Postgresql – ENUM and ID as a Foreign Key

composite-typesdatabase-designenumforeign keypostgresql

Using PostgreSQL 11.

I've tried digging through both Stack Overflow and here and was unable to find an answer on best practices.

I'm working on a database design and have arrived at a schema that uses a generic "join table". This join table contains five columns:

CREATE TABLE many_joins_table (
  id PRIMARY KEY GENERATED BY DEFAULT AS IDENTITY,
  object_id int NOT NULL,
  object_table joins_object_t NOT NULL,
  parent_id int NOT NULL,
  parent_table joins_parent_t NOT NULL);

I've been using this table to represent adjacent and many-to-many relationships between objects in my database. One such example is tags.

CREATE TABLE tag (
  id PRIMARY KEY GENERATED BY DEFAULT AS IDENTITY,
  name text NOT NULL UNIQUE);

CREATE TABLE comment (
  id PRIMARY KEY GENERATED BY DEFAULT AS IDENTITY);


CREATE TYPE joins_object_t AS ENUM ('tag');
CREATE TYPE joins_parent_t AS ENUM ('comment');

When a tag is added to the comment table, I would insert a new row into this join table with the following fields:

INSERT INTO many_joins_table
VALUES(1, 'tag'::joins_object_t, 1, 'comment'::joins_parent_t);

Besides inflexibility of enums, addressed with PostgreSQL 9.1 https://stackoverflow.com/questions/1771543/adding-a-new-value-to-an-existing-enum-type/7834949#7834949.

Are there any significant disadvantages or advantages of such an approach? I'm worried that I've mistakenly implemented an anti-pattern. Are there any best practices I can apply to improve this implementation (indexing or constraints)?

Thanks!

Note: I'm aware there are better ways to implementing tags, namely using intarrays. I'm just using tags as an example since it's easily understood. https://stackoverflow.com/questions/23508551/integer-array-lookup-using-postgres

Edit: Removed the UUIDs since it may be a distraction to the question.

Best Answer

First, stay off enums for things like this. Enum values can never be removed, so use them only if you are sure that that will never be necessary, which doesn't seem the case here.

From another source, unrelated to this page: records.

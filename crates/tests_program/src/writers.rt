//! Where the run of a trace stops, whichever write of its output is refused.
use bfs_replay::{
    Executor, NoGate, Output, ReplayError, Settings, Trace, default_settings, parse_settings,
    parse_trace, population_of, run_trace,
};
use bfs_testing::asserts::compared;
use bfs_testing::holds;
use std::alloc::AllocGlobal;
use std::io;
use std::io::{ErrorKind, Write};
use std::sync::Wait;
use std::test::Fail;
use std::thread::Threads;

/// A writer that takes so many writes, and refuses all others.
#[derive(Drop)]
struct Failing {
    writes: u32,
    taken: Vec<u8>,
}

impl Write for Failing {
    fn write(&mut self, bytes: &[u8]) -> io::Result<usize> {
        if self.writes == 0 {
            return Err(io::Error::from(ErrorKind::StorageFull));
        }
        self.writes -= 1;
        self.taken.extend_from_slice(bytes)?;
        Ok(bytes.len())
    }

    fn flush(&mut self) -> io::Result<()> {
        Ok(())
    }
}

// the run before a writer that takes so many writes: whether it ends well. What was written is the beginning of the output, all of it where it
// ends well
fn run<R: AllocGlobal + Threads + Wait + Sync>(
    rt: &R,
    settings: &Settings,
    trace: &Trace,
    writes: u32,
    wanted: &[u8],
) -> Result<bool, Fail> {
    let mut writer = Failing {
        writes,
        taken: Vec::new(rt.alloc()),
    };
    let mut output = Output::new(&mut writer);
    let ended = run_trace(
        rt,
        settings,
        trace,
        Executor::serial(),
        &NoGate,
        &mut output,
    );
    compared(output.has_refused(), ended.is_err())?;
    match ended {
        Ok(_) => {
            compared(writer.taken.as_slice(), wanted)?;
            Ok(true)
        }
        Err(error) => {
            compared(error, ReplayError::WriteFault)?;
            compared(error.code(), 39)?;
            compared(wanted.starts_with(writer.taken.as_slice()), true)?;
            Ok(false)
        }
    }
}

// how many writes the whole output takes, where each of them is refused in turn
fn writes_of<R: AllocGlobal + Threads + Wait + Sync>(
    rt: &R,
    settings: &Settings,
    text: &str,
    wanted: &str,
) -> Result<u32, Fail> {
    let trace = parse_trace(rt.alloc(), text.as_bytes(), population_of(settings))?;
    for writes in 0..100 {
        if run(rt, settings, &trace, writes, wanted.as_bytes())? {
            return Ok(writes);
        }
    }
    Err("an end".into())
}

// the stored run: a request that comes twice, one that came too late, and one behind them
const STORED: &str =
    "batch 1.000000\n0 5 create #2 a - - - - - -\n0 5 create #2 a - - - - - -\n0 4 getattr #2\nbatch 2.000000\n0 6 getattr #2\n";

const STORED_OUTPUT: &str =
    "c0 t5 00000005000000010000000000000000000000000000000000000000424653320000000100000003000000000000000000000000000000000000000000000001000081a400000001000003e800000064000000000000100000000000000000000000000100000003000000010000000000000001000000000000000100000000\nc0 t5 00000005000000010000000000000000000000000000000000000000424653320000000100000003000000000000000000000000000000000000000000000001000081a400000001000003e800000064000000000000100000000000000000000000000100000003000000010000000000000001000000000000000100000000\nc0 t4 none\nc0 t6 0000000600000001000000000000000000000000000000000000000000000002000041ff000000020000000000000000000000600000100000000000000000010000000100000002000000000000000000000001000000000000000100000000\ndigest 0 50637a1ab735c3fbdf0cc7aa96ed7c130c311de208e77ac7621773c3a1c460ab\n";

#[test]
fn stops_at_the_write_that_is_refused(rt: HostRuntime) -> Result<(), Fail> {
    let settings = default_settings(rt.alloc())?;
    holds!(rt; writes_of(&rt, &settings, STORED, STORED_OUTPUT)? > 1);
    Ok(())
}

// the first primary is silent; as an independent run of four replicas prints it
const CHANGED: &str = "silent 0\nbatch 1.000000\n0 1 null\ntimeout\n";

const CHANGED_OUTPUT: &str =
    "c0 t1 none\nview 1\nc0 t1 000000010000000100000000000000000000000000000000\ndigest 1 618ad5b102f9d706a1bcd90ff8c382fb5b29f49088a53edc447daeb38a9f2ee1\ndigest 2 618ad5b102f9d706a1bcd90ff8c382fb5b29f49088a53edc447daeb38a9f2ee1\ndigest 3 618ad5b102f9d706a1bcd90ff8c382fb5b29f49088a53edc447daeb38a9f2ee1\n";

#[test]
fn stops_at_the_write_that_is_refused_where_the_view_changes(rt: HostRuntime) -> Result<(), Fail> {
    let settings = parse_settings(rt.alloc(), b"f = 1\n")?;
    holds!(rt; writes_of(&rt, &settings, CHANGED, CHANGED_OUTPUT)? > 1);
    Ok(())
}
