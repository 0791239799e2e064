//! Traces that were cut, changed, mixed and lengthened at random: whether one is read, and which of its lines is the first at fault, is decided by a
//! reading that shares nothing with the code. It knows the verbs that these traces have; no change at random makes another one of them.
use bfs_testing::asserts::compared;
use bfs_testing::changes::{Change, Changes};
use bfs_testing::holds;
use bfs_trace::{Population, TraceError, parse_trace};
use std::alloc::Global;
use std::test::Fail;

// of 16 clients and four replicas
const TEXT: &[u8] =
    b"# a comment\n\nsilent 3\nbatch 1.000000\n0 1 null\n15 18446744073709551615 root\n1 2 getattr #2\n0 3 raw 00ff7A\nheard 3\ntimeout\nbatch 4294967295.999999\n7 9 writecache\n7 10 statfs #4294967295\n";

const OTHER: &[u8] = b"batch 2.000001\n3 4 readlink #16\n3 5 null\nsilent 0\nheard 0\n# end";

// the number that is spelled, by digits alone, if it is at most that
fn number(word: &[u8], most: u64) -> Option<u64> {
    let mut value: u64 = 0;
    for byte in word {
        let digit = byte.checked_sub(b'0')?;
        if 9 < digit {
            return None;
        }
        value = value.checked_mul(10)?.checked_add(digit as u64)?;
    }
    if word.is_empty() || most < value {
        None
    } else {
        Some(value)
    }
}

// seconds, and six digits behind a point
fn is_time(word: &[u8]) -> bool {
    let Some(point) = word.len().checked_sub(7) else {
        return false;
    };
    match word.split_at_checked(point) {
        Some((seconds, [b'.', digits @ ..])) => {
            number(seconds, 0xffff_ffff).is_some() && number(digits, 999_999).is_some()
        }
        _ => false,
    }
}

fn is_handle(word: &[u8]) -> bool {
    match word {
        [b'#', digits @ ..] => number(digits, 0xffff_ffff).is_some(),
        _ => false,
    }
}

fn is_hex(word: &[u8]) -> bool {
    !word.is_empty() && word.len() % 2 == 0 && word.iter().all(|byte| byte.is_ascii_hexdigit())
}

fn is_one_of(word: &[u8], others: &[&str]) -> bool {
    for other in others {
        if word == other.as_bytes() {
            return true;
        }
    }
    false
}

fn is_call(words: &[&[u8]]) -> bool {
    match words {
        [verb] => is_one_of(verb, &["null", "root", "writecache"]),
        [verb, word] if is_one_of(verb, &["raw"]) => is_hex(word),
        [verb, word] => is_one_of(verb, &["getattr", "statfs", "readlink"]) && is_handle(word),
        _ => false,
    }
}

fn is_request(words: &[&[u8]]) -> bool {
    match words {
        [client, timestamp, call @ ..] => {
            number(client, 15).is_some() && number(timestamp, u64::MAX).is_some() && is_call(call)
        }
        _ => false,
    }
}

/// What a line is.
#[derive(Clone, Copy, PartialEq, Eq)]
enum Line {
    /// Empty, or a comment.
    Nothing,
    /// It begins a block.
    Batch,
    /// It stands alone.
    Event,
    Request,
    Fault,
}

fn line_of(words: &[&[u8]]) -> Line {
    match words {
        [word] if is_one_of(word, &["timeout"]) => Line::Event,
        [word, time] if is_one_of(word, &["batch"]) && is_time(time) => Line::Batch,
        [word, replica] if is_one_of(word, &["silent", "heard"]) => match number(replica, 3) {
            Some(_) => Line::Event,
            None => Line::Fault,
        },
        _ if is_request(words) => Line::Request,
        _ => Line::Fault,
    }
}

// the number of the first line at fault, 0 where there is none
fn first_fault(alloc: Global, text: &[u8]) -> Result<usize, Fail> {
    let mut is_in_block = false;
    for (place, line) in text.split(|byte| *byte == b'\n').enumerate() {
        let kind = kind_of(alloc, line)?;
        match kind {
            Line::Nothing => {}
            Line::Batch => is_in_block = true,
            Line::Event => is_in_block = false,
            Line::Request if is_in_block => {}
            _ => return Ok(place.wrapping_add(1)),
        }
    }
    Ok(0)
}

fn kind_of(alloc: Global, line: &[u8]) -> Result<Line, Fail> {
    if line.is_empty() || line.starts_with(b"#") {
        return Ok(Line::Nothing);
    }
    let mut words: Vec<&[u8]> = Vec::new(alloc);
    for word in line.split(|byte| *byte == b' ') {
        words.push(word)?;
    }
    Ok(line_of(words.as_slice()))
}

// the number of the line that is told, 0 where the trace is read
fn told(alloc: Global, text: &[u8]) -> Result<usize, Fail> {
    let population = Population::new(16, 4).ok_or("population")?;
    match parse_trace(alloc, text, population) {
        Ok(_) => Ok(0),
        Err(TraceError::BadLine(line)) => Ok(line),
        Err(TraceError::Memory) => Err("memory".into()),
    }
}

fn judge(alloc: Global, changes: &mut Changes, text: &[u8], other: &[u8]) -> Result<bool, Fail> {
    let (change, changed): (Change, Vec<u8>) = changes.changed(alloc, text, other)?;
    let line = told(alloc, changed.as_slice())?;
    compared(
        (change, line),
        (change, first_fault(alloc, changed.as_slice())?),
    )?;
    Ok(line == 0)
}

#[test]
fn changed_traces_are_read_as_lines_are_told(rt: HostRuntime) -> Result<(), Fail> {
    let alloc = rt.alloc();
    let mut changes = Changes { state: 36 };
    let mut read: u32 = 0;
    for _ in 0u32..1_000 {
        for (text, other) in [(TEXT, OTHER), (OTHER, TEXT)] {
            if judge(alloc, &mut changes, text, other)? {
                read = read.wrapping_add(1);
            }
        }
    }
    // of 2,000, some of both
    holds!(rt; 100 < read && read < 1_900);
    Ok(())
}
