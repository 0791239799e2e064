//! Traces: what is read, and the lines that are refused.
use crate::populations::parse_alone;
use bfs_testing::{holds, same};
use bfs_trace::{Request, TraceError, TraceEvent};
use std::alloc::Global;
use std::test::Fail;

#[test]
fn tells_the_line_at_fault(rt: HostRuntime) -> Result<(), Fail> {
    // verbs are in lower case
    let refused = parse_alone(rt.alloc(), b"batch 1.000000\n0 1 Raw 00\n").err();
    same!(rt; refused, Some(TraceError::BadLine(2)));
    same!(rt; TraceError::BadLine(2).code(), 37);
    Ok(())
}

static CARRIAGE_RETURNS: [&str; 3] = ["\r\n", "batch 1.000000\r\n", "batch 1.000000 \r\n"];

fn is_refused(alloc: Global, text: &str) -> bool {
    parse_alone(alloc, text.as_bytes()).err() == Some(TraceError::BadLine(1))
}

fn first_taken(alloc: Global) -> Option<&'static str> {
    for text in &CARRIAGE_RETURNS {
        if !is_refused(alloc, *text) {
            return Some(*text);
        }
    }
    None
}

#[test]
fn refuses_carriage_returns(rt: HostRuntime) {
    same!(rt; first_taken(rt.alloc()), None);
}

#[test]
fn passes_comments_over(rt: HostRuntime) -> Result<(), Fail> {
    let trace = parse_alone(rt.alloc(), b"# no call\r\n\n#\r\n# a\rb")?;
    holds!(rt; trace.events().is_empty());
    Ok(())
}

// a request's client and timestamp, and how many bytes its call has
fn is_request(request: &Request, wanted: (u32, u64, usize)) -> bool {
    (request.client(), request.timestamp(), request.call().len()) == wanted
}

// the second of a block, and its requests, of which there are two at most
fn is_block(event: &TraceEvent, second: u32, wanted: &[(u32, u64, usize)]) -> bool {
    let TraceEvent::Block(block) = event else {
        return false;
    };
    block.time().seconds() == second
        && match (block.requests(), wanted) {
            ([], []) => true,
            ([one, other], [first, second]) => {
                is_request(one, *first) && is_request(other, *second)
            }
            _ => false,
        }
}

/// `.ci/refusals` runs this one with each growth of memory refused in turn.
#[test]
fn reads_blocks_with_their_requests(rt: HostRuntime) -> Result<(), Fail> {
    let text = b"batch 4294967295.999999\n0 5 raw 00\n15 6 raw 0102\nbatch 2.000000";
    let trace = parse_alone(rt.alloc(), text)?;
    let is_read = match trace.events() {
        [first, last] => {
            is_block(first, 4_294_967_295, &[(0, 5, 1), (15, 6, 2)]) && is_block(last, 2, &[])
        }
        _ => false,
    };
    holds!(rt; is_read);
    Ok(())
}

Anyway, I would say that your design is too complicated, and still lacks the crucial feature of referential integrity.

Use a junction table for each pair of objects that can be related. This way, you

  • make clear which objects can be related

  • can have referential integrity

Having many tables is something that a database is good at. If you contend that you have 1000 tables and each object can be related to each other, that would be too many tables. But in that case you should probably go for a model where you have not a table per object type anyway.